The intermolecular forces between anti–cancer molecules such as Cisplatin, Carboplatin, Oxaliplatin, Nedaplatin, Lobaplation, Heptaplatin, Dicycloplatin, Eleutherobin, Epothilone B, Discodermolide and Taxol and tumor multiple organs or tissues are of great importance in many areas of science including medicine, chemotherapy, pharmacology, medicinal chemistry, pharmaceutical chemistry, biochemistry and so on. As a result, these molecular systems have received a great significant of attention in both computational and theoretical aspects.

Commentary

The intermolecular forces between anti–cancer molecules such as Cisplatin, Carboplatin, Oxaliplatin, Nedaplatin, Lobaplation, Heptaplatin, Dicycloplatin, Eleutherobin, Epothilone B, Discodermolide and Taxol (Figures 1 and 2) and tumor multiple organs or tissues are of great importance in many areas of science including medicine, chemotherapy, pharmacology, medicinal chemistry, pharmaceutical chemistry, biochemistry and so on [121]. As a result, these molecular systems have received a great significant of attention in both computational and theoretical aspects [2232]. In this commentary, all calculations are carried out by Gaussian 09. Geometry optimization for each molecule are be fulfilled at HF, PM3, MM2, MM3, AM1, MP2, MP3, MP4, CCSD, CCSD(T), LDA, BVWN, BLYP and B3LYP computational methods with 31G, 6– 31G*, 6–31+G*, 6–31G(3df, 3pd), 6–311G, 6–311G* and 6– 311+G* basis sets, respectively. It should be noted that calculations are accomplished at 298 K and 0 K at HF, PM3, MM2, MM3, AM1, MP2, MP3, MP4, CCSD, CCSD(T), LDA, BVWN, BLYP and B3LYP computational methods with 31G, 6– 31G*, 6–31+G*, 6–31G(3df, 3pd), 6–311G, 6–311G* and 6– 311+G* basis sets, respectively. Also, the spectroscopic, structural and thermodynamic properties were investigated.

Cancer-Research-Molecular-Cisplatin

Figure 1: Molecular structures of Cisplatin, Carboplatin, Oxaliplatin, Nedaplatin, Lobaplation, Heptaplatin and Dicycloplatin anti–cancer molecules.

Cancer-Research-Eleutherobin-Epothilone

Figure 2: Molecular structures of Eleutherobin, Epothilone B, Discodermolide and Taxol anti–cancer molecules.

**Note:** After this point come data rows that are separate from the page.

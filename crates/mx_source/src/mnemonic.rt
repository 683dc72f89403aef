//! The mnemonics of operations and branches, as they are printed.
ghost use Rattle.std.specs.Prelude.{◌≡◌};
ghost use Rattle.mx_source.specs.Printed.{operation_text, condition_text};

use mx_isa::{Cond, Op};

/// The mnemonic of an operation.
pub fn operation_name(op: Op) -> &'static str
    ensures { result.now ≡ operation_text op }
{
    match op {
        Op::Add => "add",
        Op::Sub => "sub",
        Op::Subnc => "subnc",
        Op::And => "and",
        Op::Or => "or",
        Op::Xor => "xor",
        Op::Bic => "bic",
        Op::Not => "not",
        Op::Rotlb => "rotlb",
        Op::Mstart => "mstart",
        Op::Mstep => "mstep",
        Op::Dstep => "dstep",
        Op::Asr(_) => "asr",
        Op::Sh(_) => "sh",
    }
}

/// The mnemonic of a branch.
pub fn branch_name(cond: Cond) -> &'static str
    ensures { result.now ≡ condition_text cond }
{
    match cond {
        Cond::Eq => "beq",
        Cond::Ne => "bne",
        Cond::Lt => "blt",
        Cond::Ge => "bge",
        Cond::Lo => "blo",
        Cond::Hs => "bhs",
    }
}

On the other hand, chemical behavior of Cisplatin, Carboplatin, Oxaliplatin, Nedaplatin, Lobaplation, Heptaplatin, Dicycloplatin, Eleutherobin, Epothilone B, Discodermolide and Taxol as anti–cancer molecules has been investigated very extensively because of their importance in chemical and biological systems. Furthermore, study of Cisplatin, Carboplatin, Oxaliplatin, Nedaplatin, Lobaplation, Heptaplatin, Dicycloplatin, Eleutherobin, Epothilone B, Discodermolide and Taxol as anti–cancer molecules with different sizes can help to understand how anti–cancer molecules bulk limit as the tumor size decreases. Due to the complexity of the interaction of Cisplatin, Carboplatin, Oxaliplatin, Nedaplatin, Lobaplation, Heptaplatin, Dicycloplatin, Eleutherobin, Epothilone B, Discodermolide and Taxol as anti–cancer molecules which is dominated by the Hydrogen bonding, the chemical structures of Cisplatin, Carboplatin, Oxaliplatin, Nedaplatin, Lobaplation, Heptaplatin, Dicycloplatin, Eleutherobin, Epothilone B, Discodermolide and Taxol as anti–cancer molecules are complex and difficult. In this commentary, all calculations are carried out by Gaussian 09. Geometry optimization for each anti–cancer molecule is carried out at HF, PM3, MM2, MM3, AM1, MP2, MP3, MP4, CCSD, CCSD(T), LDA, BVWN, BLYP and B3LYP computational methods with 31G, 6–31G*, 6– 31+G*, 6–31G(3df, 3pd), 6–311G, 6–311G* and 6–311+G* basis sets, respectively. In addition, calculations are accomplished at 298K and 0K at HF, PM3, MM2, MM3, AM1, MP2, MP3, MP4, CCSD, CCSD(T), LDA, BVWN, BLYP and B3LYP computational methods with 31G, 6– 31G*, 6–31+G*, 6–31G(3df, 3pd), 6– 311G, 6–311G* and 6–311+G* basis sets, respectively. Moreover, the spectroscopic, structural and thermodynamic properties were studied.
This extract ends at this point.